> _WHAT IS REQUIRED_
Whenever a line in the data holds the string "usize", pull that line out.

• • • •

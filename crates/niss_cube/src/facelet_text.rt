//! The positions of the facelet text: of which cubies they are, and from where a rotation of the whole cube brings a letter.
ghost use Rattle.std.specs.Prelude.{◌≡◌, ℕ, ◌<◌, [], get_or, slice_index};
ghost use Rattle.niss_moves.specs.Effects.{effect, moved_by};
ghost use Rattle.niss_moves.specs.Facelets.{letters};
ghost use Rattle.niss_moves.specs.Indices.{axis_index, power_index};
ghost use Rattle.niss_moves.specs.Places.{Place};
ghost use Rattle.niss_moves.specs.Rotations.{rotation_if};
ghost use Rattle.niss_moves.specs.declared.token.Token.TheVariants as token;
ghost use Rattle.niss_cube.specs.Map.{place_at};

use niss_moves::{Axis, Power};

/// The positions of the corners' facelets in the facelet text, three for each corner in the order of its facelets.
pub const CORNER_POSITIONS: [u8; 24] = [
    8, 9, 20, 6, 18, 38, 0, 36, 47, 2, 45, 11, 29, 26, 15, 27, 44, 24, 33, 53, 42, 35, 17, 51,
];

/// The same of the edges, two for each edge.
pub const EDGE_POSITIONS: [u8; 24] = [
    5, 10, 7, 19, 3, 37, 1, 46, 32, 16, 28, 25, 30, 43, 34, 52, 23, 12, 21, 41, 50, 39, 48, 14,
];

/// For each position of the facelet text: of which cubie place it is. The corners come first, then the edges, from 8 on,
/// and then the centres, from 20 on.
pub const CUBIES: [u8; 54] = [
    2, 11, 3, 10, 20, 8, 1, 9, 0, 0, 8, 3, 16, 21, 19, 4, 12, 7, 1, 9, 0, 17, 22, 16, 5, 13, 4, 5,
    13, 4, 14, 23, 12, 6, 15, 7, 2, 10, 1, 18, 24, 17, 6, 14, 5, 3, 11, 2, 19, 25, 18, 7, 15, 6,
];

/// For each position of the facelet text: which facelet of this place it is.
pub const FACELETS: [u8; 54] = [
    0, 0, 0, 0, 0, 0, 0, 0, 0, 1, 1, 2, 1, 0, 1, 2, 1, 1, 1, 1, 2, 0, 0, 0, 2, 1, 1, 0, 0, 0, 0, 0,
    0, 0, 0, 0, 1, 1, 2, 1, 0, 1, 2, 1, 1, 1, 1, 2, 0, 0, 0, 2, 1, 1,
];

/// The facelet text of the solved cube.
pub const SOLVED_TEXT: [u8; 54] = *b"UUUUUUUUURRRRRRRRRFFFFFFFFFDDDDDDDDDLLLLLLLLLBBBBBBBBB";

/// For each axis, power and position: the position from which this rotation of the whole cube brings the letter.
static BEFORE_ROTATION: [[[u8; 54]; 3]; 3] = [
    [
        // y
        [
            6, 3, 0, 7, 4, 1, 8, 5, 2, 45, 46, 47, 48, 49, 50, 51, 52, 53, 9, 10, 11, 12, 13, 14,
            15, 16, 17, 29, 32, 35, 28, 31, 34, 27, 30, 33, 18, 19, 20, 21, 22, 23, 24, 25, 26, 36,
            37, 38, 39, 40, 41, 42, 43, 44,
        ],
        // y2
        [
            8, 7, 6, 5, 4, 3, 2, 1, 0, 36, 37, 38, 39, 40, 41, 42, 43, 44, 45, 46, 47, 48, 49, 50,
            51, 52, 53, 35, 34, 33, 32, 31, 30, 29, 28, 27, 9, 10, 11, 12, 13, 14, 15, 16, 17, 18,
            19, 20, 21, 22, 23, 24, 25, 26,
        ],
        // y'
        [
            2, 5, 8, 1, 4, 7, 0, 3, 6, 18, 19, 20, 21, 22, 23, 24, 25, 26, 36, 37, 38, 39, 40, 41,
            42, 43, 44, 33, 30, 27, 34, 31, 28, 35, 32, 29, 45, 46, 47, 48, 49, 50, 51, 52, 53, 9,
            10, 11, 12, 13, 14, 15, 16, 17,
        ],
    ],
    [
        // x
        [
            18, 19, 20, 21, 22, 23, 24, 25, 26, 15, 12, 9, 16, 13, 10, 17, 14, 11, 27, 28, 29, 30,
            31, 32, 33, 34, 35, 53, 52, 51, 50, 49, 48, 47, 46, 45, 38, 41, 44, 37, 40, 43, 36, 39,
            42, 8, 7, 6, 5, 4, 3, 2, 1, 0,
        ],
        // x2
        [
            27, 28, 29, 30, 31, 32, 33, 34, 35, 17, 16, 15, 14, 13, 12, 11, 10, 9, 53, 52, 51, 50,
            49, 48, 47, 46, 45, 0, 1, 2, 3, 4, 5, 6, 7, 8, 44, 43, 42, 41, 40, 39, 38, 37, 36, 26,
            25, 24, 23, 22, 21, 20, 19, 18,
        ],
        // x'
        [
            53, 52, 51, 50, 49, 48, 47, 46, 45, 11, 14, 17, 10, 13, 16, 9, 12, 15, 0, 1, 2, 3, 4,
            5, 6, 7, 8, 18, 19, 20, 21, 22, 23, 24, 25, 26, 42, 39, 36, 43, 40, 37, 44, 41, 38, 35,
            34, 33, 32, 31, 30, 29, 28, 27,
        ],
    ],
    [
        // z
        [
            42, 39, 36, 43, 40, 37, 44, 41, 38, 6, 3, 0, 7, 4, 1, 8, 5, 2, 24, 21, 18, 25, 22, 19,
            26, 23, 20, 15, 12, 9, 16, 13, 10, 17, 14, 11, 33, 30, 27, 34, 31, 28, 35, 32, 29, 47,
            50, 53, 46, 49, 52, 45, 48, 51,
        ],
        // z2
        [
            35, 34, 33, 32, 31, 30, 29, 28, 27, 44, 43, 42, 41, 40, 39, 38, 37, 36, 26, 25, 24, 23,
            22, 21, 20, 19, 18, 8, 7, 6, 5, 4, 3, 2, 1, 0, 17, 16, 15, 14, 13, 12, 11, 10, 9, 53,
            52, 51, 50, 49, 48, 47, 46, 45,
        ],
        // z'
        [
            11, 14, 17, 10, 13, 16, 9, 12, 15, 29, 32, 35, 28, 31, 34, 27, 30, 33, 20, 23, 26, 19,
            22, 25, 18, 21, 24, 38, 41, 44, 37, 40, 43, 36, 39, 42, 2, 5, 8, 1, 4, 7, 0, 3, 6, 51,
            48, 45, 52, 49, 46, 53, 50, 47,
        ],
    ],
];

/// For each position: the position from which a rotation of the whole cube about an axis brings the letter.
fn before_rotation(axis: Axis, power: Power) -> &'static [u8; 54]
    ensures value { result.now
        ≡ get_or (get_or BEFORE_ROTATION (axis_index axis) []) (power_index power) [] }
    ensures in_range { (k : ℕ) → k < 54 → slice_index result.now k < 54 }
    ensures moves { (k : ℕ) → k < 54 →
        moved_by (token.Rotation axis power) (place_at (slice_index result.now k)) ≡ place_at k }
{
    &BEFORE_ROTATION[axis as usize][power as usize]
}

/// The facelet text after a rotation of the whole cube about an axis.
fn rotated(text: &[u8; 54], axis: Axis, power: Power) -> [u8; 54]
    ensures { (e : Place → Place) → text.now ≡ letters e →
        result ≡ letters (λ q. moved_by (token.Rotation axis power) (e q)) }
{
    let before = before_rotation(axis, power);
    let mut after = [0; 54];
    for (position, letter) in after.iter_mut().enumerate() {
        *letter = text[before[position] as usize];
    }
    after
}

/// The same if there may be no rotation.
pub fn rotated_if(text: [u8; 54], rotation: Option<(Axis, Power)>) -> [u8; 54]
    ensures { (e : Place → Place) → text ≡ letters e →
        result ≡ letters (λ q. effect (rotation_if rotation) (e q)) }
{
    match rotation {
        None => text,
        Some((axis, power)) => rotated(&text, axis, power),
    }
}
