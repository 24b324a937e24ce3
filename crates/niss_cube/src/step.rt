//! The steps of solving: edge orientation, and the domino reduction that follows it.
ghost use Rattle.std.specs.Prelude.{◌≡◌, ◌↔◌, IsTrue, ◌≢◌, IfSome, IfNone};
ghost use Rattle.std.specs.List.{Any, list_all};
ghost use Rattle.std.specs.Option.{option_copied};
ghost use Rattle.niss_cube.specs.Map.{map_of};
ghost use Rattle.niss_cube.specs.Steps.{steps, name_of, start_of, start_name_of, goals_of};
ghost use Rattle.niss_cube.specs.Steps.{turns_of, holds, may_start, reached, reached_mask, KeepsGoal, KeepsStart};
ghost use Rattle.niss_cube.specs.Steps.{is_idle};
ghost use Rattle.niss_cube.specs.declared.step.Step.{Step};

use crate::cube::Cube;
use crate::cube::coordinate::Coordinate;
use niss_moves::{Axis, Face, Power, Turn, turn_order};

/// A step of solving, named as solvers do: an edge orientation (`eo`) on an axis, or a domino reduction (`dr`) on an axis
/// of a cube whose edges are oriented on another axis. If the name has no axis for it, any one will do.
#[derive(Clone, Copy, Debug, PartialEq, Eq)]
pub enum Step {
    Eofb,
    Eorl,
    Eoud,
    DrudEofb,
    DrrlEofb,
    DrudEorl,
    DrfbEorl,
    DrrlEoud,
    DrfbEoud,
    Eo,
    DrEofb,
    DrEorl,
    DrEoud,
}

/// What a step can reach.
#[derive(Clone, Copy, Debug, PartialEq, Eq)]
pub enum Goal {
    /// The edges are oriented on the axis.
    Edges(Axis),
    /// The edges are oriented on one axis; and on the other the corners are untwisted and the slice's edges in their slice.
    Domino { edges: Axis, axis: Axis },
}

const STEPS: [Step; 13] = [
    Step::Eofb,
    Step::Eorl,
    Step::Eoud,
    Step::DrudEofb,
    Step::DrrlEofb,
    Step::DrudEorl,
    Step::DrfbEorl,
    Step::DrrlEoud,
    Step::DrfbEoud,
    Step::Eo,
    Step::DrEofb,
    Step::DrEorl,
    Step::DrEoud,
];

const EDGES_ON_UD: Goal = Goal::Edges(Axis::Ud);

const EDGES_ON_RL: Goal = Goal::Edges(Axis::Rl);

const EDGES_ON_FB: Goal = Goal::Edges(Axis::Fb);

// A domino reduction: of a cube whose edges are oriented on the first axis, on the second.
macro_rules! dr {
    ($edges:ident, $axis:ident) => {
        Goal::Domino {
            edges: Axis::$edges,
            axis: Axis::$axis,
        }
    };
}

// The turns of the faces by the powers after each.
macro_rules! turns {
    ($($face:ident: $($power:ident)*;)*) => {
        [$($(Turn { face: Face::$face, power: Power::$power },)*)*]
    };
}

const TURNS_FROM_UD: [Turn; 14] = turns! {
    U: Half; D: Half;
    R: Quarter Half Counter; L: Quarter Half Counter;
    F: Quarter Half Counter; B: Quarter Half Counter;
};

const TURNS_FROM_RL: [Turn; 14] = turns! {
    U: Quarter Half Counter; D: Quarter Half Counter;
    R: Half; L: Half;
    F: Quarter Half Counter; B: Quarter Half Counter;
};

const TURNS_FROM_FB: [Turn; 14] = turns! {
    U: Quarter Half Counter; D: Quarter Half Counter;
    R: Quarter Half Counter; L: Quarter Half Counter;
    F: Half; B: Half;
};

impl Step {
    /// All steps, in the order of the command `steps`.
    pub fn all() -> &'static [Step]
        ensures { result.now ≡ steps }
    {
        &STEPS
    }

    /// What makes the step: its name, its start and its goals.
    fn row(self) -> (&'static str, Option<Axis>, &'static [Goal])
        ensures name { result.0.now ≡ name_of self }
        ensures start { result.1 ≡ start_of self }
        ensures goals { result.2.now ≡ goals_of self }
    {
        match self {
            Step::Eofb => ("eofb", None, &[EDGES_ON_FB]),
            Step::Eorl => ("eorl", None, &[EDGES_ON_RL]),
            Step::Eoud => ("eoud", None, &[EDGES_ON_UD]),
            Step::DrudEofb => ("drud-eofb", Some(Axis::Fb), &[dr!(Fb, Ud)]),
            Step::DrrlEofb => ("drrl-eofb", Some(Axis::Fb), &[dr!(Fb, Rl)]),
            Step::DrudEorl => ("drud-eorl", Some(Axis::Rl), &[dr!(Rl, Ud)]),
            Step::DrfbEorl => ("drfb-eorl", Some(Axis::Rl), &[dr!(Rl, Fb)]),
            Step::DrrlEoud => ("drrl-eoud", Some(Axis::Ud), &[dr!(Ud, Rl)]),
            Step::DrfbEoud => ("drfb-eoud", Some(Axis::Ud), &[dr!(Ud, Fb)]),
            Step::Eo => ("eo", None, &[EDGES_ON_FB, EDGES_ON_RL, EDGES_ON_UD]),
            Step::DrEofb => ("dr-eofb", Some(Axis::Fb), &[dr!(Fb, Ud), dr!(Fb, Rl)]),
            Step::DrEorl => ("dr-eorl", Some(Axis::Rl), &[dr!(Rl, Ud), dr!(Rl, Fb)]),
            Step::DrEoud => ("dr-eoud", Some(Axis::Ud), &[dr!(Ud, Rl), dr!(Ud, Fb)]),
        }
    }

    /// The step's name, such as `eofb` or `drud-eofb`.
    pub fn name(self) -> &'static str
        ensures { result.now ≡ name_of self }
    {
        self.row().0
    }

    /// The step of exactly this name.
    pub fn from_name(name: &[u8]) -> Option<Step>
        ensures known { IfSome result (λ step. name_of step ≡ name.now) }
        ensures unknown { IfNone result ((step : Step) → name_of step ≢ name.now) }
    {
        Step::all()
            .iter()
            .copied()
            .find(|step| step.name().as_bytes() == name)
    }

    /// The axis on which the edges must be oriented before the step; `None` if it needs nothing.
    pub fn start(self) -> Option<Axis>
        ensures { result ≡ start_of self }
    {
        self.row().1
    }

    /// The name of the step that must be reached before this one; `None` if it needs none.
    pub fn start_name(self) -> Option<&'static str>
        ensures { option_copied result ≡ start_name_of self }
    {
        let edge_step = match self.start()? {
            Axis::Ud => Step::Eoud,
            Axis::Rl => Step::Eorl,
            Axis::Fb => Step::Eofb,
        };
        Some(edge_step.name())
    }

    /// The step's turns, in turn order: all 18, or after oriented edges the 14 that keep them so.
    #[tactic(auto, unfolding(crate::specs::Steps::turns_of))]
    pub fn turns(self) -> &'static [Turn]
        ensures { result.now ≡ turns_of self }
    {
        match self.start() {
            None => turn_order(),
            Some(Axis::Ud) => &TURNS_FROM_UD,
            Some(Axis::Rl) => &TURNS_FROM_RL,
            Some(Axis::Fb) => &TURNS_FROM_FB,
        }
    }

    /// The step's alternatives: it is reached if one of them holds.
    pub fn goals(self) -> &'static [Goal]
        ensures { result.now ≡ goals_of self }
    {
        self.row().2
    }

    /// Whether the step may start on the cube.
    #[inline(never)]
    #[tactic(auto, unfolding(crate::specs::Steps::may_start))]
    pub fn may_start(self, cube: &Cube) -> bool
        ensures value { result ≡ may_start self (map_of cube.now) }
        ensures kept { IsTrue result ↔ KeepsStart (start_of self) (map_of cube.now) }
    {
        match self.start() {
            None => true,
            Some(axis) => Goal::Edges(axis).holds(cube),
        }
    }

    /// Which steps the cube has reached, as a mask: bit i is set if it has reached step i in the order of `all`.
    pub fn all_reached(cube: &Cube) -> u16
        ensures { result ≡ reached_mask (map_of cube.now) }
    {
        let mut mask = 0;
        let mut index = STEPS.len();
        while index > 0 {
            index -= 1;
            mask = 2 * mask + u16::from(STEPS[index].reached(cube));
        }
        mask
    }

    /// Whether the cube has reached the step.
    #[tactic(auto, unfolding(crate::specs::Steps::reached))]
    pub fn reached(self, cube: &Cube) -> bool
        ensures value { result ≡ reached self (map_of cube.now) }
        ensures kept { IsTrue result ↔ Any (λ goal. KeepsGoal goal (map_of cube.now)) (goals_of self) }
    {
        self.goals().iter().any(|goal| goal.holds(cube))
    }

    /// Whether a turn is idle in the step: it keeps what each of its goals keeps. So it leaves the step reached, or not
    /// reached.
    pub fn is_idle(self, turn: Turn) -> bool
        ensures { result ≡ is_idle self turn }
    {
        let mut cube = Cube::solved();
        cube.turn(turn);
        self.holds_all(&cube)
    }

    /// Whether each of its goals holds of the cube.
    fn holds_all(self, cube: &Cube) -> bool
        ensures { result ≡ list_all (λ goal. holds goal (map_of cube.now)) (goals_of self) }
    {
        self.goals().iter().all(|goal| goal.holds(cube))
    }
}

impl Goal {
    /// Whether the goal holds of the cube.
    pub fn holds(self, cube: &Cube) -> bool
        ensures value { result ≡ holds self (map_of cube.now) }
        ensures kept { IsTrue result ↔ KeepsGoal self (map_of cube.now) }
    {
        match self {
            Goal::Edges(axis) => Coordinate::Flip.is_zero(axis, cube),
            Goal::Domino { edges, axis } => {
                Coordinate::Flip.is_zero(edges, cube)
                    && Coordinate::Twist.is_zero(axis, cube)
                    && Coordinate::Slice.is_zero(axis, cube)
            }
        }
    }
}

• • • •

> _ANSWER BOX_
    &BEFORE_ROTATION[axis as usize][power as usize]
        *letter = text[before[position] as usize];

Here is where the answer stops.